MATERIAL SUPPLIED
BEGIN
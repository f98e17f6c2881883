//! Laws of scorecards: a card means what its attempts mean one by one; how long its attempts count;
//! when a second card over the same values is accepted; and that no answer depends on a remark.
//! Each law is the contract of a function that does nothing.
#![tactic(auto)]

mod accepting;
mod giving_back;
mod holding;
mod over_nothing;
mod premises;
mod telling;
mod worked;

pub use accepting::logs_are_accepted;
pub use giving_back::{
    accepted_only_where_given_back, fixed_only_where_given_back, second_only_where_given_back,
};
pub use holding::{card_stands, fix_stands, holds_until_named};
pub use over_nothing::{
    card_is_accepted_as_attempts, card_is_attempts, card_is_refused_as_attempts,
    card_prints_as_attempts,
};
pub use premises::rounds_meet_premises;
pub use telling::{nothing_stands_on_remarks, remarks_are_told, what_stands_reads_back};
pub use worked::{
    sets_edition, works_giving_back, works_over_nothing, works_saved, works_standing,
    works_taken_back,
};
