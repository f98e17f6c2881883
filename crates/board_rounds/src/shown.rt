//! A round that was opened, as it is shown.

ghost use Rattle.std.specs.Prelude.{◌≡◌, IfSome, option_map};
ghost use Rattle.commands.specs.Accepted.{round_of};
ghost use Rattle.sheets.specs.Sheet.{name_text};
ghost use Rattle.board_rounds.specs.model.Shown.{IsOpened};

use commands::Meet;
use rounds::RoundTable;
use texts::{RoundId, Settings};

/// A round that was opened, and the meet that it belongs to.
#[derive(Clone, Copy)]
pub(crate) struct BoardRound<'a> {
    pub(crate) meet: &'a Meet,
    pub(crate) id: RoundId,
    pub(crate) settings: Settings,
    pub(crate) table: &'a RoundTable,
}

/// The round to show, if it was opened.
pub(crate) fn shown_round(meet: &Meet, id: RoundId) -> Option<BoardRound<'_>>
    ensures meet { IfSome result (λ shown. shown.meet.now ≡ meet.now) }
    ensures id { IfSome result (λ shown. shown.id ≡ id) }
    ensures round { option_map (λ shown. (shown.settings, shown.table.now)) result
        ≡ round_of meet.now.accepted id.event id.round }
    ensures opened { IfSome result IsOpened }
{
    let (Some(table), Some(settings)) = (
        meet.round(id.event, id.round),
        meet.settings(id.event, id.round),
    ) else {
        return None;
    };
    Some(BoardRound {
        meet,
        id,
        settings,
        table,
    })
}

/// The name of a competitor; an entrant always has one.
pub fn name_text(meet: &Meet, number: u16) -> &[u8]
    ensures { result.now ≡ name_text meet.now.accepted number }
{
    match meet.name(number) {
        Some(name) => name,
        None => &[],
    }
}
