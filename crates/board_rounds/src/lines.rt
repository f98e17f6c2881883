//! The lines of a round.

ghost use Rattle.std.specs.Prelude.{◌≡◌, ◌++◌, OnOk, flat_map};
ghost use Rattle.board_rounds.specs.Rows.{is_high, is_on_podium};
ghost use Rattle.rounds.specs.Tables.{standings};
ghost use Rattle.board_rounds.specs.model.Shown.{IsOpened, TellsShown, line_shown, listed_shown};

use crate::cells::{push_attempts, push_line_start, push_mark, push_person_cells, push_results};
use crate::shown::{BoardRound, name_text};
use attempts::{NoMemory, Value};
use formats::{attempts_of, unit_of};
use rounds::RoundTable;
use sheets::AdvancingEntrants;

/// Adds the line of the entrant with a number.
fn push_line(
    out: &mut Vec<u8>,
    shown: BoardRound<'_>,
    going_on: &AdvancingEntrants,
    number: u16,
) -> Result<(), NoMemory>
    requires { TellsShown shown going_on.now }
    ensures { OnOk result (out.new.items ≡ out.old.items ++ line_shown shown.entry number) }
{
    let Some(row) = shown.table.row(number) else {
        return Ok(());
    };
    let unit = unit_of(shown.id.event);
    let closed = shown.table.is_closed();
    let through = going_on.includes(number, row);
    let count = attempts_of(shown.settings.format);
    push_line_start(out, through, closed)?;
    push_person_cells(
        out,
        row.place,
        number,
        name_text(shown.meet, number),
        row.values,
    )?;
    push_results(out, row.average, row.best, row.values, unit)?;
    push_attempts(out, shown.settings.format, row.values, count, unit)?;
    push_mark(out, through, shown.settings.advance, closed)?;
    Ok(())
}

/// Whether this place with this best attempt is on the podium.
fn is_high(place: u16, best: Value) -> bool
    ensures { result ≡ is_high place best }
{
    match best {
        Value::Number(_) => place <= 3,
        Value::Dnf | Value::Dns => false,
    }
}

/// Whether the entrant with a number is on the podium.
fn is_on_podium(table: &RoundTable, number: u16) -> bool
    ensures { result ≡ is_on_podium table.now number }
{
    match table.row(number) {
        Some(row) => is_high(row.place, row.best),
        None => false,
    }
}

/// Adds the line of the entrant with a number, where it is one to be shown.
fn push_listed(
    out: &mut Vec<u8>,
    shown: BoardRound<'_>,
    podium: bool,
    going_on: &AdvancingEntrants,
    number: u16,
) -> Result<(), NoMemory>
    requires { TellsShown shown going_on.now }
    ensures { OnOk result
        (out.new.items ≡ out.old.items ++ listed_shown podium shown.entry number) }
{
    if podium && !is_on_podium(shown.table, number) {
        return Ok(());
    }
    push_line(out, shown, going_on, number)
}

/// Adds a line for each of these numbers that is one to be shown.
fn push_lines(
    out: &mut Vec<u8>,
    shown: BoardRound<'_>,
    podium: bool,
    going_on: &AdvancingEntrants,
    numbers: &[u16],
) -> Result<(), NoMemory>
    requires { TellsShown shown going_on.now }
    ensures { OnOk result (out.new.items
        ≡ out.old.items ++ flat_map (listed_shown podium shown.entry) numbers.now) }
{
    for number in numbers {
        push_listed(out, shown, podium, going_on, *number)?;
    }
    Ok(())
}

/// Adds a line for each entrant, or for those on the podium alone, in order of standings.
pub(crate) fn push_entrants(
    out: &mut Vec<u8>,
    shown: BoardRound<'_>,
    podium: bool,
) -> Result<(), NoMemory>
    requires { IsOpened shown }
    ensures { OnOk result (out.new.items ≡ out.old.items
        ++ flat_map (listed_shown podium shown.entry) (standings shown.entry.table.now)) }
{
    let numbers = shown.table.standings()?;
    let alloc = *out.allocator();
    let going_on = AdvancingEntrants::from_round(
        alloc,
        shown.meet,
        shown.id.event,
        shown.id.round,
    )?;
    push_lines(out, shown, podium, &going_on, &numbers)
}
END
Beginning at the line with "round_of meet.now.accepted id.event" and ending at the line with "of a round.", reproduce each line of the data above exactly, and add no other lines.

RESPONSE AREA
        ≡ round_of meet.now.accepted id.event id.round }
    ensures opened { IfSome result IsOpened }
{
    let (Some(table), Some(settings)) = (
        meet.round(id.event, id.round),
        meet.settings(id.event, id.round),
    ) else {
        return None;
    };
    Some(BoardRound {
        meet,
        id,
        settings,
        table,
    })
}

/// The name of a competitor; an entrant always has one.
pub fn name_text(meet: &Meet, number: u16) -> &[u8]
    ensures { result.now ≡ name_text meet.now.accepted number }
{
    match meet.name(number) {
        Some(name) => name,
        None => &[],
    }
}
filename crates/board_rounds/src/lines.rt
repository f98e17f6c2881883
//! The lines of a round.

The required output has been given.